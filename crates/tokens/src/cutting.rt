//! Cutting a text into tokens.
ghost use Rattle.std.specs.Prelude.{◌≡◌, ◌≤◌, ◌+◌, ℕ, List, Option as Maybe, length, drop, Contains, IfOk, IfErr, IfSome, IfNone, IsOk};
ghost use Rattle.std.specs.List.{prefix_len};
ghost use Rattle.tokens.specs.Cutting.{CutsUpTo, IsNoToken, Piece as plain_piece, inline_pieces, signs};
ghost use Rattle.tokens.specs.Finding.{Finds, FindsPiece, form_at, is_space};
ghost use Rattle.tokens.specs.Meanings.{byte_of, piece_of};
ghost use Rattle.tokens.specs.declared.form.Form.TheVariants.{Single as single_form};

use crate::form::{Form, form_of};
use crate::quoted::{bytes_token, text_token};
use crate::run::{negative_token, run_token};
use crate::{Piece, Pieces, Sign, Token};
use mk_value::Memory;
use std::alloc::Global;

/// The tokens of a text, up to its first piece that is no token.
#[derive(Drop)]
pub struct Cutting<'a> {
    pub pieces: Pieces<'a>,
    /// The place of the first piece that is no token; none where all are.
    pub flaw: Option<usize>,
}

/// Cuts a text into tokens, up to the first piece that is none. At most eight tokens take no memory.
///
/// # Errors
///
/// `Memory`.
pub fn cut<'a>(alloc: Global, text: &'a str) -> Result<Cutting<'a>, Memory>
    ensures cuts { IfOk result (λ cutting. CutsUpTo text.now cutting.pieces cutting.flaw) }
    ensures in_place { (pieces : List plain_piece) → (flaw : Maybe ℕ) → CutsUpTo text.now pieces flaw → length pieces ≤ inline_pieces → IsOk result }
{
    let bytes = text.as_bytes();
    let mut pieces = Pieces::new(alloc);
    let mut end = 0;
    'pieces: loop {
        match next_piece(bytes, end) {
            Ok(Some((piece, next))) => {
                pieces.push(piece)?;
                end = next;
            }
            Ok(None) => return Ok(Cutting { pieces, flaw: None }),
            Err(place) => {
                let flaw = Some(place);
                return Ok(Cutting { pieces, flaw });
            }
        }
    }
}

/// A law of cutting, for any text: it is cut into tokens up to some place, at which it ends or its first piece that is no token stands.
pub fn some_cutting(text: &str)
    ensures { (pieces : List plain_piece) × (flaw : Maybe ℕ) × CutsUpTo text.now pieces flaw }
{
    let bytes = text.as_bytes();
    let mut end = 0;
    'pieces: loop {
        match next_piece(bytes, end) {
            Ok(Some((_, next))) => end = next,
            Ok(None) => return,
            Err(_) => return,
        }
    }
}

/// The first piece of the bytes from a place on, and where it ends, unless spaces alone stand there.
///
/// # Errors
///
/// The place of the first piece, where it is no token.
fn next_piece(bytes: &[u8], from: usize) -> Result<Option<(Piece<'_>, usize)>, usize>
    requires { from ≤ length bytes.now }
    ensures found { IfOk result (FindsPiece from bytes.now) }
    ensures fails { IfErr result (IsNoToken from (drop from bytes.now)) }
{
    let at = from + space_len(&bytes[from..]);
    if at == bytes.len() {
        return Ok(None);
    }
    let Some((token, len)) = token_at(&bytes[at..]) else {
        return Err(at);
    };
    Ok(Some((Piece { place: at, token }, at + len)))
}

/// How many spaces stand at the front of the bytes.
fn space_len(bytes: &[u8]) -> usize
    ensures run { result ≡ prefix_len is_space bytes.now }
    ensures within { result ≤ length bytes.now }
{
    let mut len = 0;
    while len < bytes.len() && bytes[len] == b' ' {
        len += 1;
    }
    len
}

/// The token at the front of the bytes, and the length of its spelling.
fn token_at(bytes: &[u8]) -> Option<(Token<'_>, usize)>
    ensures { Finds bytes.now result }
{
    match form_of(bytes) {
        Form::Text => text_token(bytes),
        Form::Bytes => bytes_token(bytes),
        Form::Negative => negative_token(bytes),
        Form::Run => run_token(bytes),
        Form::Single => sign_token(bytes),
    }
}

/// The sign at the front of the bytes.
fn sign_token(bytes: &[u8]) -> Option<(Token<'_>, usize)>
    requires { form_at bytes.now ≡ single_form }
    ensures { Finds bytes.now result }
{
    let sign = sign_of(*bytes.first()?)?;
    Some((Token::Symbol(sign), 1))
}

/// The sign that a byte is.
fn sign_of(byte: u8) -> Option<Sign>
    ensures some { IfSome result (λ sign. byte_of sign ≡ byte) }
    ensures none { IfNone result (Contains signs byte → ⊥) }
{
    match byte {
        b'(' => Some(Sign::OpenParenthesis),
        b')' => Some(Sign::CloseParenthesis),
        b'{' => Some(Sign::OpenBrace),
        b'}' => Some(Sign::CloseBrace),
        b',' => Some(Sign::Comma),
        b'/' => Some(Sign::Slash),
        b':' => Some(Sign::Colon),
        b'=' => Some(Sign::Equals),
        b'-' => Some(Sign::Minus),
        _ => None,
    }
}
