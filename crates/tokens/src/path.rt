//! Reading paths.
ghost use Rattle.std.specs.Prelude.{◌≡◌, ◌≤◌, ◌<◌, ◌+◌, ◌⊎◌, ℕ, length, take, drop, IfOk, IfErr};
ghost use Rattle.tokens.specs.Fronts.{Stops};
ghost use Rattle.tokens.specs.Paths.{GoesOnWithSlash, PathTokens, SpellsPath, StandsStep, StepTokens, slash};
ghost use Rattle.tokens.specs.Standing.{Stands};
ghost use Rattle.mk_value.specs.Tokens.{sign as plain_sign};
ghost use Rattle.tokens.specs.Meanings.{tokens_of_pieces};

use crate::standing::{is_sign_at, row_at, word_at};
use crate::{PartError, Piece, Sign};
use mk_value::{Path, Step};
use std::alloc::Global;

/// Reads the path that stands at the front of the pieces, up to the first token behind a name that is no `/`, and tells how many of them
/// it took.
///
/// # Errors
///
/// `Stuck` with the number of pieces that are a front of a path, where none is whole: the next one, if there is one, cannot go on. `Memory`.
pub fn path_at(alloc: Global, pieces: &[Piece<'_>]) -> Result<(Path, usize), PartError>
    ensures within { IfOk result (λ read. read.1 ≤ length pieces.now) }
    ensures spells { IfOk result (λ read. SpellsPath (take read.1 (tokens_of_pieces pieces.now)) read.0) }
    ensures ends { IfOk result (λ read. GoesOnWithSlash (drop read.1 (tokens_of_pieces pieces.now)) → ⊥) }
    ensures stuck { IfErr result (λ error. (error ≡ PartError.Memory) ⊎ ((count : ℕ) × (error ≡ PartError.Stuck count) × Stops PathTokens (tokens_of_pieces pieces.now) count)) }
{
    let Some(name) = word_at(pieces, 0) else {
        return Err(PartError::Stuck(0));
    };
    let mut path = Path::new(alloc, name);
    let mut at = 1;
    while is_sign_at(pieces, at, Sign::Slash) {
        let step = step_at(pieces, at)?;
        path.push(step)?;
        at += 4;
    }
    Ok((path, at))
}

/// The step whose slash stands at a place.
fn step_at(pieces: &[Piece<'_>], at: usize) -> Result<Step, PartError>
    requires opens { Stands (tokens_of_pieces pieces.now) at (plain_sign slash) }
    requires within { at < length pieces.now }
    ensures step { IfOk result (StandsStep (tokens_of_pieces pieces.now) at) }
    ensures stuck { IfErr result (λ error. (error ≡ PartError.Memory) ⊎ ((count : ℕ) × (error ≡ PartError.Stuck (at + count)) × Stops StepTokens (drop at (tokens_of_pieces pieces.now)) count)) }
{
    let Some(row) = row_at(pieces, at + 1) else {
        return Err(PartError::Stuck(at + 1));
    };
    if !is_sign_at(pieces, at + 2, Sign::Slash) {
        return Err(PartError::Stuck(at + 2));
    }
    let Some(prop) = word_at(pieces, at + 3) else {
        return Err(PartError::Stuck(at + 3));
    };
    Ok(Step { row, prop })
}
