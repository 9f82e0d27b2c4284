//! Tokens: what lines, literals and expressions are written in.
//!
//! A text is cut into words, numbers, texts, byte strings and signs, the longest that begins at each place, with any number of spaces
//! between them. `cut` does so once; `literal_at` and `path_at` read a literal or a path from the front of the pieces, and tell how many
//! they took or behind how many they had to stop. `read_literal` reads a text that is one literal.
//!
//! This crate stands on `mk_value`, whose values and paths it reads. It knows nothing of commands or operators.
#![tactic(auto)]

mod cutting;
mod decoding;
mod error;
mod form;
mod laws;
mod literal;
mod path;
mod pieces;
mod quoted;
mod run;
mod standing;
mod token;

pub use cutting::{Cutting, cut, some_cutting};
pub use error::{PartError, ReadError};
pub use laws::{one_cutting, one_reading, printed_reads_back};
pub use literal::{literal_at, read_literal};
pub use path::path_at;
pub use pieces::Pieces;
pub use token::{Piece, Sign, Token, count_of, name_of};
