ghost use Rattle.std.specs.Prelude.{◌≡◌};

use mk_value::Memory;
use thiserror::Error;

/// Why no part was read from the front of pieces.
#[derive(Clone, Copy, Debug, PartialEq, Eq, Error)]
pub enum PartError {
    /// So many pieces are the front of a part, and the next, if there is one, cannot go on.
    #[error("nothing whole goes on behind {0} tokens")]
    Stuck(usize),
    /// An allocation was refused.
    #[error("out of memory")]
    Memory,
}

/// Why a text was not read as a literal.
#[derive(Clone, Copy, Debug, PartialEq, Eq, Error)]
pub enum ReadError {
    /// The text is no literal, from this byte on.
    #[error("no literal goes on so at byte {0}")]
    NotAValue(usize),
    /// An allocation was refused.
    #[error("out of memory")]
    Memory,
}

impl From<Memory> for PartError {
    ghost use Rattle.tokens.specs.declared.error.PartError.TheVariants as reason;

    ghost from_gives = { λ _ error. error ≡ reason.Memory };

    fn from(_error: Memory) -> PartError {
        PartError::Memory
    }
}

impl From<Memory> for ReadError {
    ghost use Rattle.tokens.specs.declared.error.ReadError.TheVariants as reason;

    ghost from_gives = { λ _ error. error ≡ reason.Memory };

    fn from(_error: Memory) -> ReadError {
        ReadError::Memory
    }
}
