/// Puts a row in by its key, and lets the watches and the mapping of the view follow: in place, where no other row goes.
fn put_in(
    alloc: Global,
    store: &mut Store,
    watches: &mut Following,
    mappings: &mut Mappings,
    counted: &mut KeptCounts,
    path: &Path,
    row: &Row,
    coming: Coming,
) -> Result<(), Refusal>
    requires put { IsPut coming.edit }
    requires here { path.now.steps ≡ [] }
    requires allowed { AreAllowed store.old.views path.now (put_edits row.now coming.edit) }
    requires watched { AreKept store.old.views watches.old }
    requires kept { AreMapped store.old.views mappings.old }
    requires counted { AreCounted store.old.views counted.old }
    requires mapped { is_mapped (mapped mappings.old) path.now.name ≡ true }
    requires comes { Comes path.now.name coming mappings.old store.old.views (edited_in_turn store.old.views path.now (put_edits row.now coming.edit)) }
    ensures memory { IfErr result (λ e. e ≡ Refusal.Memory) }
    ensures views { OnOk result (store.new ≡ with_views store.old (edited_in_turn store.old.views path.now (put_edits row.now coming.edit))) }
    ensures followed { OnOk result (followed watches.new ≡ followed_by (followed watches.old) path.now.name (count_all (edits_of coming.edit))) }
    ensures mapped { mapped mappings.new ≡ mapped mappings.old }
    ensures watched { AreKept store.new.views watches.new }
    ensures kept { AreMapped store.new.views mappings.new }
    ensures counted { AreCounted store.new.views counted.new }
    ensures err_store { OnErr result (store.new ≡ store.old) }
    ensures err_watches { OnErr result (followed watches.new ≡ followed watches.old) }
{
    if let KeyedEdit::Put { at } = coming.edit {
        let change = Change::Insert { at, row, copies: 1 };
        return come(store, watches, mappings, counted, path, change, coming);
    }
    let views = views_with_row(store.views(), path, row, coming.edit)?;
    follow_coming(
        alloc,
        store,
        watches,
        mappings,
        counted,
        path.name(),
        views,
        coming,
    )
}

/// Gives a property of a row another value, lets the row stand by its key, and the watches and the mapping of the view follow: in place, where
/// the row stays where it is and no other goes.
fn set_in(
    alloc: Global,
    store: &mut Store,
    watches: &mut Following,
    mappings: &mut Mappings,
    counted: &mut KeptCounts,
    path: &Path,
    change: Change<'_>,
    coming: Coming,
) -> Result<(), Refusal>
    requires sizes { FitsSizes change }
    requires set { Sets coming.edit (edit_of change) }
    requires here { path.now.steps ≡ [] }
    requires stands { (row : List Datum) × StandsBy row path.now coming (edit_of change) mappings.old store.old.views }
    requires watched { AreKept store.old.views watches.old }
    requires kept { AreMapped store.old.views mappings.old }
    requires counted { AreCounted store.old.views counted.old }
    requires mapped { is_mapped (mapped mappings.old) path.now.name ≡ true }
    ensures memory { IfErr result (λ e. e ≡ Refusal.Memory) }
    ensures views { (row : List Datum) → StandsBy row path.now coming (edit_of change.entry) mappings.old store.old.views → OnOk result (store.new ≡ with_views store.old (edited_in_turn store.old.views path.now (edit_of change.entry ∷ stand_edits row coming.edit))) }
    ensures followed { OnOk result (followed watches.new ≡ followed_by (followed watches.old) path.now.name (count_all (edits_of coming.edit))) }
    ensures mapped { mapped mappings.new ≡ mapped mappings.old }
    ensures watched { AreKept store.new.views watches.new }
    ensures kept { AreMapped store.new.views mappings.new }
    ensures counted { AreCounted store.new.views counted.new }
    ensures err_store { OnErr result (store.new ≡ store.old) }
    ensures err_watches { OnErr result (followed watches.new ≡ followed watches.old) }
{
    if let KeyedEdit::Change { other: None, .. } = coming.edit {
        return come(store, watches, mappings, counted, path, change, coming);
    }
    let mut views = views_with(store.views(), path, change)?;
    let row = row_that_moves(alloc, &views, path.name(), coming.edit)?;
    stand(&mut views, path, &row, coming.edit)?;
    follow_coming(
        alloc,
        store,
        watches,
        mappings,
        counted,
        path.name(),
        views,
        coming,
    )
}

/// Views once more, with a change of one. They share what it leaves.
fn views_with(views: &Root, path: &Path, change: Change<'_>) -> Result<Root, Refusal>
    requires sizes { FitsSizes change }
    requires due { due views.now path.now (edit_of change) ≡ None }
    ensures memory { IfErr result (λ e. e ≡ Refusal.Memory) }
    ensures ok { IfOk result (λ new. new ≡ edited_views views.now path.now (edit_of change.entry)) }
    ensures rests { IfOk result (λ new. ViewsRestOn new views.now) }
{
    let mut views = views.same().map_err(of_memory)?;
    change.edit_views(&mut views, path).map_err(of_edit)?;
    Ok(views)
}

/// Views once more, with a row put in by its key. They share what the line leaves.
fn views_with_row(views: &Root, path: &Path, row: &Row, edit: KeyedEdit) -> Result<Root, Refusal>
    requires { AreAllowed views.now path.now (put_edits row.now edit) }
    ensures memory { IfErr result (λ e. e ≡ Refusal.Memory) }
    ensures ok { IfOk result (λ new. new ≡ edited_in_turn views.now path.now (put_edits row.now edit)) }
    ensures rests { IfOk result (λ new. ViewsRestOn new views.now) }
{
    let mut views = views.same().map_err(of_memory)?;
    put_row(&mut views, path, row, edit)?;
    Ok(views)
}
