//! The form of a token, told by its first two bytes.

ghost use Rattle.std.specs.Prelude.{◌≡◌, ◌==◌};
ghost use Rattle.std.specs.Char.{is_ascii_digit};
ghost use Rattle.mk_value.specs.Names.{is_name_byte as name_byte};
ghost use Rattle.tokens.specs.Cutting.{begins_with};
ghost use Rattle.tokens.specs.Finding.{form_at, is_quote};

/// The form that a token has.
#[derive(Clone, Copy, Debug, PartialEq, Eq)]
pub(crate) enum Form {
    /// A text in quotes.
    Text,
    /// A byte string: `x` and a quote.
    Bytes,
    /// A number below zero: `-` and a digit.
    Negative,
    /// A run of letters, digits and `_`: a word, or another number.
    Run,
    /// A single byte: a sign.
    Single,
}

/// The only form that a token at the front of the bytes may have.
pub(crate) fn form_of(bytes: &[u8]) -> Form
    ensures { result ≡ form_at bytes.now }
{
    let Some((first, rest)) = bytes.split_first() else {
        return Form::Single;
    };
    if *first == b'"' {
        Form::Text
    } else if *first == b'x' && begins_with_quote(rest) {
        Form::Bytes
    } else if *first == b'-' && begins_with_digit(rest) {
        Form::Negative
    } else if is_name_byte(*first) {
        Form::Run
    } else {
        Form::Single
    }
}

/// Whether a quote is the first of the bytes.
pub(crate) fn begins_with_quote(bytes: &[u8]) -> bool
    ensures { result ≡ begins_with is_quote bytes.now }
{
    match bytes.first() {
        Some(first) => *first == b'"',
        None => false,
    }
}

/// Whether a digit is the first of the bytes.
fn begins_with_digit(bytes: &[u8]) -> bool
    ensures { result ≡ begins_with is_ascii_digit bytes.now }
{
    match bytes.first() {
        Some(first) => first.is_ascii_digit(),
        None => false,
    }
}

/// Whether a byte may stand in a name.
pub(crate) fn is_name_byte(byte: u8) -> bool
    ensures { result ≡ name_byte byte }
{
    byte.is_ascii_alphanumeric() || byte == b'_'
}
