//! Words and numbers: the tokens that are runs of letters, digits and `_`.

ghost use Rattle.std.specs.Prelude.{◌≡◌, ◌+◌, ◌≤◌, ◌<◌, ℕ, ℤ, length, drop, take, IfSome, IfNone, FitsSigned};
ghost use Rattle.std.specs.Fmt.{signed_decimal};
ghost use Rattle.std.specs.Int.{w64};
ghost use Rattle.std.specs.List.{prefix_len};
ghost use Rattle.mk_value.specs.Names.{is_name_byte as name_byte};
ghost use Rattle.tokens.specs.Finding.{Finds, form_at};
ghost use Rattle.tokens.specs.declared.form.Form.TheVariants.{Negative as negative_form, Run as run_form};

use crate::Token;
use crate::form::is_name_byte;
use mk_value::Name;

/// The word or the number that is the whole run at the front of the bytes, and its length.
pub(crate) fn run_token(bytes: &[u8]) -> Option<(Token<'_>, usize)>
    requires { form_at bytes.now ≡ run_form }
    ensures { Finds bytes.now result }
{
    let len = run_len(bytes);
    let Ok(run) = str::from_utf8(&bytes[..len]) else {
        return None;
    };
    if Name::is_name(run) {
        return Some((Token::Word(run), len));
    }
    let number = number_of(run)?;
    Some((Token::Number(number), len))
}

/// The number that is `-` and the whole run behind it at the front of the bytes, and its length.
pub(crate) fn negative_token(bytes: &[u8]) -> Option<(Token<'_>, usize)>
    requires { form_at bytes.now ≡ negative_form }
    ensures { Finds bytes.now result }
{
    let len = 1 + run_len(&bytes[1..]);
    let Ok(run) = str::from_utf8(&bytes[..len]) else {
        return None;
    };
    let number = number_of(run)?;
    Some((Token::Number(number), len))
}

/// How many letters, digits and `_` stand at the front of the bytes.
fn run_len(bytes: &[u8]) -> usize
    ensures run { result ≡ prefix_len name_byte bytes.now }
    ensures within { result ≤ length bytes.now }
{
    let mut len = 0;
    while len < bytes.len() && is_name_byte(bytes[len]) {
        len += 1;
    }
    len
}

/// The number that a text spells. Each number has one spelling: what is read is written again and compared.
fn number_of(text: &str) -> Option<i64>
    ensures some { IfSome result (λ number. FitsSigned w64 number × (text.now ≡ signed_decimal number)) }
    ensures none { IfNone result ((number : ℤ) → FitsSigned w64 number → text.now ≡ signed_decimal number → ⊥) }
{
    let Ok(number) = text.parse::<i64>() else {
        return None;
    };
    let mut digits = itoa::Buffer::new();
    if digits.format(number) == text {
        Some(number)
    } else {
        None
    }
}
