ghost use Rattle.std.specs.Prelude.{◌≡◌, ◌∷◌, ◌<◌, ◌^◌, [], ℕ, List, pos, IfSome, IsNone};
ghost use Rattle.mk_value.specs.Names.{IsName};
ghost use Rattle.mk_value.specs.Tokens.{number as plain_number, word as plain_word};
ghost use Rattle.tokens.specs.Meanings.{token_of};

use mk_value::Name;

/// A sign.
#[derive(Clone, Copy, Debug, PartialEq, Eq)]
pub enum Sign {
    OpenParenthesis,
    CloseParenthesis,
    OpenBrace,
    CloseBrace,
    Comma,
    Slash,
    Colon,
    Equals,
    Minus,
}

/// A token. It lends from the text that it was cut from.
#[derive(Debug, Drop)]
pub enum Token<'a> {
    /// A name: 1 to 31 ASCII letters, digits or `_`, the first no digit.
    Word(&'a str),
    /// A number of 64 bits.
    Number(i64),
    /// What stands in quotes, as it is written: its escapes are read where a literal is made of it.
    Text(&'a str),
    /// The pairs of digits of a byte string, as they are written.
    Bytes(&'a str),
    Symbol(Sign),
}

/// A token and the place of its first byte in its text. It takes 32 bytes.
#[derive(Debug, Drop)]
pub struct Piece<'a> {
    pub place: usize,
    pub token: Token<'a>,
}

/// The name that a token is.
pub fn name_of(token: &Token<'_>) -> Option<Name>
    ensures some { IfSome result (λ name. (token_of token.now ≡ plain_word name) × IsName name) }
    ensures none { IsNone result → (name : List ℕ) → IsName name → token_of token.now ≡ plain_word name → ⊥ }
{
    let Token::Word(word) = token else {
        return None;
    };
    Name::from_bytes(word.as_bytes())
}

/// The number without a sign that a token is. It has 63 bits.
pub fn count_of(token: &Token<'_>) -> Option<u64>
    ensures some { IfSome result (λ n. (token_of token.now ≡ plain_number (pos n)) × (n < 2 ^ 63)) }
    ensures none { IsNone result → (n : ℕ) → token_of token.now ≡ plain_number (pos n) → ⊥ }
{
    let Token::Number(number) = token else {
        return None;
    };
    u64::try_from(*number).ok()
}
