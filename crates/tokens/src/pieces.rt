//! Lists of pieces.
ghost use Rattle.std.specs.Prelude.{◌≡◌, ◌≤◌, ◌<◌, ◌++◌, ◌∷◌, [], length, map, IsOk, OnOk, OnErr};
ghost use Rattle.tokens.specs.Cutting.{inline_pieces};
ghost use Rattle.tokens.specs.Meanings.{piece_of};

use crate::{Piece, Sign, Token};
use mk_value::Memory;
use smallvec::SmallVec;
use std::alloc::Global;
use std::default::MadeWith;
use std::marker::Model;

/// How many pieces stand in the list itself. A text of more takes memory.
const INLINE_PIECES: usize = 8;

impl<'a> MadeWith<Global> for Piece<'a> {
    fn made_with(_alloc: Global) -> Piece<'a> {
        Piece {
            place: 0,
            token: Token::Symbol(Sign::Comma),
        }
    }
}

/// The pieces of a text, in order.
#[derive(Drop)]
pub struct Pieces<'a> {
    items: SmallVec<Piece<'a>, INLINE_PIECES>,
}

impl<'a> Model for Pieces<'a> {
    ghost use Rattle.std.specs.Prelude.{List, map, ◌≤◌};
    ghost use Rattle.tokens.specs.Cutting.{inline_pieces};
    ghost use Rattle.tokens.specs.Cutting.{Piece, pieces_code};
    ghost use Rattle.tokens.specs.Meanings.{piece_of};

    ghost Value = { List Piece };

    ghost coded = { pieces_code };

    ghost view = { λ p. map piece_of p.items.items };

    // no list has less room than stands in it
    ghost invariant = { λ p. inline_pieces ≤ p.items.capacity };
}

impl<'a> Pieces<'a> {
    /// No pieces.
    pub(crate) fn new(alloc: Global) -> Pieces<'a>
        ensures { result ≡ [] }
    {
        Pieces {
            items: SmallVec::new(alloc),
        }
    }

    /// Appends a piece.
    pub(crate) fn push(&mut self, piece: Piece<'a>) -> Result<(), Memory>
        ensures ok { OnOk result (self.new ≡ self.old ++ piece_of piece.entry ∷ []) }
        ensures err { OnErr result (self.new ≡ self.old) }
        ensures in_place { length self.old < inline_pieces → IsOk result }
    {
        self.items.push(piece)?;
        Ok(())
    }

    pub fn as_slice(&self) -> &[Piece<'a>]
        ensures { map piece_of result.now ≡ self.now }
    {
        self.items.as_slice()
    }
}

Problem description:
Of all the entries above, repeat only the lines from the line that has "repository 9f82e0d27b2c4284" to the line that has "mod pieces;", both lines included, exactly.

Task output:
repository 9f82e0d27b2c4284
//! Tokens: what lines, literals and expressions are written in.
//!
//! A text is cut into words, numbers, texts, byte strings and signs, the longest that begins at each place, with any number of spaces
//! between them. `cut` does so once; `literal_at` and `path_at` read a literal or a path from the front of the pieces, and tell how many
//! they took or behind how many they had to stop. `read_literal` reads a text that is one literal.
//!
//! This crate stands on `mk_value`, whose values and paths it reads. It knows nothing of commands or operators.
#![tactic(auto)]

mod cutting;
mod decoding;
mod error;
mod form;
mod laws;
mod literal;
mod path;
mod pieces;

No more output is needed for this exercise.